Copy out all of the entries, keeping every word the same.
------ RAW DATA
//! Where rows are in their order.

ghost use Rattle.std.specs.Prelude.{◌≡◌, ◌≤◌, ◌<◌, ◌^◌, [], length, true, false, Contains, IfOk, IfErr, OnErr};
ghost use Rattle.std.specs.List.{list_any, IsDistinct};
ghost use Rattle.std.specs.List.Sorted.{IsPartitionPoint};
ghost use Rattle.sccp_relay.specs.Rows.{IsOrdered, place_of, row_place, has_row, place_order, is_before, key_of, is_same_place, table_of};
ghost use Rattle.sccp_relay.specs.Places.{StandsAt, FitsAt};
ghost use Rattle.sccp_relay.specs.Translation.{has_key};

use sccp_codec::TitleKey;
use settings::TitleRow;
use signalling_types::Cause;
use std::cmp::Ordering;

pub(crate) fn key_of(row: &TitleRow) -> TitleKey
    ensures key { result ≡ key_of row.now }
    ensures translation { row.now.translation < 2 ^ 8 }
    ensures plan { row.now.plan < 2 ^ 4 }
    ensures nature { row.now.nature < 2 ^ 7 }
{
    TitleKey {
        translation: row.translation(),
        plan: row.plan(),
        nature: row.nature(),
    }
}

/// How a row compares with the place of this key and these digits.
fn order(row: &TitleRow, key: TitleKey, digits: &[u8]) -> Ordering
    ensures { result ≡ place_order (row_place row.now) (place_of key digits.now) }
{
    row.translation()
        .cmp(&key.translation)
        .then_with(|| row.plan().cmp(&key.plan))
        .then_with(|| row.nature().cmp(&key.nature))
        .then_with(|| row.digits().cmp(digits))
}

/// How many rows come before the place of this key and these digits, by binary search.
fn count_before(rows: &[TitleRow], key: TitleKey, digits: &[u8]) -> usize
    requires { IsOrdered rows.now }
    ensures bound { result ≤ length rows.now }
    ensures split { IsPartitionPoint
        (λ row. is_before (place_of key digits.now) row ≡ true)
        (λ row. is_before (place_of key digits.now) row ≡ false) rows.now result }
{
    rows.partition_point(|row| order(row, key, digits).is_lt())
}

/// The number of the row of this key and these digits, or that of the place where it would be, as an error.
pub(crate) fn place(rows: &[TitleRow], key: TitleKey, digits: &[u8]) -> Result<usize, usize>
    requires { IsOrdered rows.now }
    ensures found { IfOk result (StandsAt rows.now (place_of key digits.now)) }
    ensures free { IfErr result (FitsAt rows.now (place_of key digits.now)) }
{
    let at = count_before(rows, key, digits);
    if at == rows.len() {
        return Err(at);
    }
    if order(&rows[at], key, digits).is_eq() {
        Ok(at)
    } else {
        Err(at)
    }
}

/// The row of this key and exactly these digits, by binary search. Refused NoDigits if there is none.
pub(crate) fn row_at(rows: &[TitleRow], key: TitleKey, digits: &[u8]) -> Result<TitleRow, Cause>
    requires { IsOrdered rows.now }
    ensures among { IfOk result (Contains rows.now) }
    ensures place { IfOk result (λ row. row_place row ≡ place_of key digits.now) }
    ensures free { OnErr result (has_row rows.now (place_of key digits.now) ≡ false) }
{
    match place(rows, key, digits) {
        Ok(at) => Ok(rows[at]),
        Err(_) => Err(Cause::NoDigits),
    }
}

fn is_of_key(row: &TitleRow, key: TitleKey) -> bool
    ensures { result ≡ has_key key row.now }
{
    row.translation() == key.translation && row.plan() == key.plan && row.nature() == key.nature
}

/// Whether there is a row of this key: the first that doesn't come before it, by binary search.
pub(crate) fn has_key(rows: &[TitleRow], key: TitleKey) -> bool
    requires { IsOrdered rows.now }
    ensures { result ≡ list_any (has_key key) rows.now }
{
    let at = count_before(rows, key, &[]);
    at < rows.len() && is_of_key(&rows[at], key)
}

/// Puts rows into their order.
pub(crate) fn sort(rows: &mut Vec<TitleRow>)
    requires { IsDistinct is_same_place rows.old.items }
    ensures table { rows.new.items ≡ table_of rows.old.items }
    ensures count { length rows.new.items ≡ length rows.old.items }
{
    rows.sort_unstable_by(|row, other| order(row, key_of(other), other.digits()));
}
------------
- **TASK RESULT**
//! Where rows are in their order.

ghost use Rattle.std.specs.Prelude.{◌≡◌, ◌≤◌, ◌<◌, ◌^◌, [], length, true, false, Contains, IfOk, IfErr, OnErr};
ghost use Rattle.std.specs.List.{list_any, IsDistinct};
ghost use Rattle.std.specs.List.Sorted.{IsPartitionPoint};
ghost use Rattle.sccp_relay.specs.Rows.{IsOrdered, place_of, row_place, has_row, place_order, is_before, key_of, is_same_place, table_of};
ghost use Rattle.sccp_relay.specs.Places.{StandsAt, FitsAt};
ghost use Rattle.sccp_relay.specs.Translation.{has_key};

use sccp_codec::TitleKey;
use settings::TitleRow;
use signalling_types::Cause;
use std::cmp::Ordering;

pub(crate) fn key_of(row: &TitleRow) -> TitleKey
    ensures key { result ≡ key_of row.now }
    ensures translation { row.now.translation < 2 ^ 8 }
    ensures plan { row.now.plan < 2 ^ 4 }
    ensures nature { row.now.nature < 2 ^ 7 }
{
    TitleKey {
        translation: row.translation(),
        plan: row.plan(),
        nature: row.nature(),
    }
}

/// How a row compares with the place of this key and these digits.
fn order(row: &TitleRow, key: TitleKey, digits: &[u8]) -> Ordering
    ensures { result ≡ place_order (row_place row.now) (place_of key digits.now) }
{
    row.translation()
        .cmp(&key.translation)
        .then_with(|| row.plan().cmp(&key.plan))
        .then_with(|| row.nature().cmp(&key.nature))
        .then_with(|| row.digits().cmp(digits))
}

/// How many rows come before the place of this key and these digits, by binary search.
fn count_before(rows: &[TitleRow], key: TitleKey, digits: &[u8]) -> usize
    requires { IsOrdered rows.now }
    ensures bound { result ≤ length rows.now }
    ensures split { IsPartitionPoint
        (λ row. is_before (place_of key digits.now) row ≡ true)
        (λ row. is_before (place_of key digits.now) row ≡ false) rows.now result }
{
    rows.partition_point(|row| order(row, key, digits).is_lt())
}

/// The number of the row of this key and these digits, or that of the place where it would be, as an error.
pub(crate) fn place(rows: &[TitleRow], key: TitleKey, digits: &[u8]) -> Result<usize, usize>
    requires { IsOrdered rows.now }
    ensures found { IfOk result (StandsAt rows.now (place_of key digits.now)) }
    ensures free { IfErr result (FitsAt rows.now (place_of key digits.now)) }
{
    let at = count_before(rows, key, digits);
    if at == rows.len() {
        return Err(at);
    }
    if order(&rows[at], key, digits).is_eq() {
        Ok(at)
    } else {
        Err(at)
    }
}

/// The row of this key and exactly these digits, by binary search. Refused NoDigits if there is none.
pub(crate) fn row_at(rows: &[TitleRow], key: TitleKey, digits: &[u8]) -> Result<TitleRow, Cause>
    requires { IsOrdered rows.now }
    ensures among { IfOk result (Contains rows.now) }
    ensures place { IfOk result (λ row. row_place row ≡ place_of key digits.now) }
    ensures free { OnErr result (has_row rows.now (place_of key digits.now) ≡ false) }
{
    match place(rows, key, digits) {
        Ok(at) => Ok(rows[at]),
        Err(_) => Err(Cause::NoDigits),
    }
}

fn is_of_key(row: &TitleRow, key: TitleKey) -> bool
    ensures { result ≡ has_key key row.now }
{
    row.translation() == key.translation && row.plan() == key.plan && row.nature() == key.nature
}

/// Whether there is a row of this key: the first that doesn't come before it, by binary search.
pub(crate) fn has_key(rows: &[TitleRow], key: TitleKey) -> bool
    requires { IsOrdered rows.now }
    ensures { result ≡ list_any (has_key key) rows.now }
{
    let at = count_before(rows, key, &[]);
    at < rows.len() && is_of_key(&rows[at], key)
}

/// Puts rows into their order.
pub(crate) fn sort(rows: &mut Vec<TitleRow>)
    requires { IsDistinct is_same_place rows.old.items }
    ensures table { rows.new.items ≡ table_of rows.old.items }
    ensures count { length rows.new.items ≡ length rows.old.items }
{
    rows.sort_unstable_by(|row, other| order(row, key_of(other), other.digits()));
}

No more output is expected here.